И настала ночь, когда он, сколько ни вслушивался, не различил ни звука – и с того времени ничто не тревожило тишины.
Флэй сознавал: так или иначе, а скорбному разумом существу пришел конец. Кем был тот, кто хохотал на двойной ноте, кто вскрикивал и отвечал себе самому одним и тем же невыразительным, страшным голосом, он так и не узнал. Не узнал, что стал последним из слышавших голоса их светлостей Коры и Клариссы, – как не знал и того, что находился в нескольких футах от покоев, в которые их некогда заманили. Не узнал, что за запертыми дверьми этого узилища томились, лишаясь и той малой способности соображать, какой они когда-либо обладали, Двойняшки, что безумие их росло и росло, пока наконец у них не кончились съестные припасы, а между тем, Стирпайк все не приходил, и сестры поняли, что смерть их близка.
Когда слабость сломила их, они легли бок о бок и, глядя в потолок, умерли в один и тот же миг, по ту сторону стены.
Пока Флэй в глуши пустых своих зал размышлял о пережитом потрясении и томился мыслями о необъяснимой его природе, уже оправившийся после болезни Стирпайк, не теряя времени даром, осваивался на посту Распорядителя Ритуала. Он не питал никаких иллюзий насчет того, что скажут обитатели замка, когда поймут, наконец, что он отнюдь не намерен остаться лишь временным исполнителем этих обязанностей. То, что он не стар, не приходится Баркентину сыном, не принадлежит ни к одной из признанных школ толкователей принципа, вообще не имеет права притязать на этот титул, если не считать того, что он – единственный ученик утопшего калеки и достаточно умен для исполнения тягостного его долга, ни в коей мере не обращало Стирпайка в приемлемого соискателя должности старика.

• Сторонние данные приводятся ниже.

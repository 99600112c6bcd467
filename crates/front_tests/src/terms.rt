//! What a walk over an expression meets, and the second `default` of a `case`.

use parse_expr::{Source, expr};
use parse_stmt::stmt;
use std::alloc::Global;
use std::test::Fail;
use sv_lex::lex;
use sv_names::find_second_default;
use sv_tree::{Args, Names, Select, Token};
use sv_walk::{Visit, first_token, visit_expr};

/// How many terms there are, and the columns of the names that are read: those whose place needs a constant, and others.
#[derive(Clone, Copy, Debug, PartialEq, Eq)]
struct Seen {
    terms: u32,
    constant: u32,
    other: u32,
}

impl Visit for Seen {
    ghost told = { λ event old new. Unit {0} };

    fn name(&mut self, name: Token, _selects: &[Select], constant: bool) {
        let digits = if constant { self.constant } else { self.other };
        let digits = digits.wrapping_mul(10).wrapping_add(name.at.col);
        if constant {
            self.constant = digits;
        } else {
            self.other = digits;
        }
    }

    fn call(&mut self, _name: Token, _args: &Args, _constant: bool) {}

    fn target(&mut self, _name: Token, _selects: &[Select]) {}

    fn term(&mut self) {
        self.terms = self.terms.wrapping_add(1);
    }
}

/// What is seen in the expression at the front, and the column of its first token.
fn seen_at(source: &Source<'_>, names: &Names) -> Option<(Seen, u32)> {
    let mut at = 0;
    let mut seen = Seen {
        terms: 0,
        constant: 0,
        other: 0,
    };
    match expr(source, &mut at, 0) {
        Ok(tree) => {
            visit_expr(names, &mut seen, &tree, false);
            Some((seen, first_token(&tree).at.col))
        }
        Err(_) => None,
    }
}

fn seen_in(alloc: Global, text: &str) -> Result<Option<(Seen, u32)>, Fail> {
    if text.len() > 1000 {
        return Ok(None);
    }
    let mut names = Names::new(alloc)?;
    let Ok(tokens) = lex(alloc, 0, text.as_bytes(), &mut names) else {
        return Ok(None);
    };
    let Ok(source) = Source::new(alloc, tokens.as_slice(), &names) else {
        return Ok(None);
    };
    Ok(seen_at(&source, &names))
}

#[test]
fn ends_are_constant_and_an_index_is_not(rt: HostRuntime) -> Result<(), Fail> {
    let table = [("- -v[a:b]", (6, 68, 4)), ("- -v[a +: b]", (6, 11, 46))];
    for (text, (terms, constant, other)) in table {
        let want = Seen {
            terms,
            constant,
            other,
        };
        assert_eq!(rt; seen_in(rt.alloc(), text)?, Some((want, 1)), "{text}");
    }
    Ok(())
}

/// The column of the second `default` in the statement at the front.
fn second_at(source: &Source<'_>) -> Option<u32> {
    let mut at = 0;
    let mut found = None;
    match stmt(source, &mut at, 0) {
        Ok(tree) => find_second_default(&mut found, &tree),
        Err(_) => {}
    }
    found.map(|word| word.at.col)
}

fn second_in(alloc: Global, text: &str) -> Result<Option<u32>, Fail> {
    if text.len() > 1000 {
        return Ok(None);
    }
    let mut names = Names::new(alloc)?;
    let Ok(tokens) = lex(alloc, 0, text.as_bytes(), &mut names) else {
        return Ok(None);
    };
    let Ok(source) = Source::new(alloc, tokens.as_slice(), &names) else {
        return Ok(None);
    };
    Ok(second_at(&source))
}

#[test]
fn the_second_default_of_a_case_is_found(rt: HostRuntime) -> Result<(), Fail> {
    let table = [
        ("case (a) default: ; endcase", None),
        ("case (a) default: ; default: ; endcase", Some(21)),
    ];
    for (text, want) in table {
        assert_eq!(rt; second_in(rt.alloc(), text)?, want, "{text}");
    }
    Ok(())
}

Да и физически он больше никакой привлекательностью похвастаться не мог. Его приподнятые плечи, вечная бледность, красные глаза и раньше-то мало кого могли расположить к дружеским с ним отношениям – в предположении, что Стирпайк стал бы искать таковых. А уж теперь оснований сторониться его стало куда больше – даже у общества, ни в грош красоту не ставящего.
Ожоги обезобразили лицо, шею и руки Стирпайка уже навсегда. Только могильные черви и могли бы устранить их следы. Лицо выглядело пегим – набрякшая багровая ткань покрыла воспаленными узорами восковую бледность кожи. Кисти рук были алы и шелковисты, складки и морщинки их походили на обезьяньи.
И все же Стирпайк знал, что хоть он и внушает окружающим естественное отвращение, причину его безобразия ставят ему в заслугу. Разве не рисковал он (насколько то было известно замку) жизнью, пытаясь спасти потомственного Распорядителя? Разве не пережил беспамятство и безумную боль оттого, что ему хватило отваги попытаться вырвать из объятий смерти человека, бывшего краеугольным камнем традиции Горменгаста? Кто же, в таком случае, вправе поставить ему в вину сатанинское его обличие?
А сверх того, он понимал, что, каких бы предубеждений ни питали против него недруги, в конечном счете выбор у них только один – смириться с ним, несмотря на его ожоги, происхождение и бездоказательные слухи, каковые, Стирпайк это знал, циркулируют по замку, – смириться, по той простой причине, что нет больше никого, владеющего всеми необходимыми знаниями. Баркентин никому, кроме него, тайн своих не поверял. Даже тома с перекрестными ссылками оставались непостижимыми и для самых умных людей, если их предварительно не натаскивали, знакомя с используемыми в этих томах символами. У Стирпайка ушел целый год на то, чтобы разобраться в одном лишь принципе организации библиотеки – и это под раздраженным руководством Баркентина.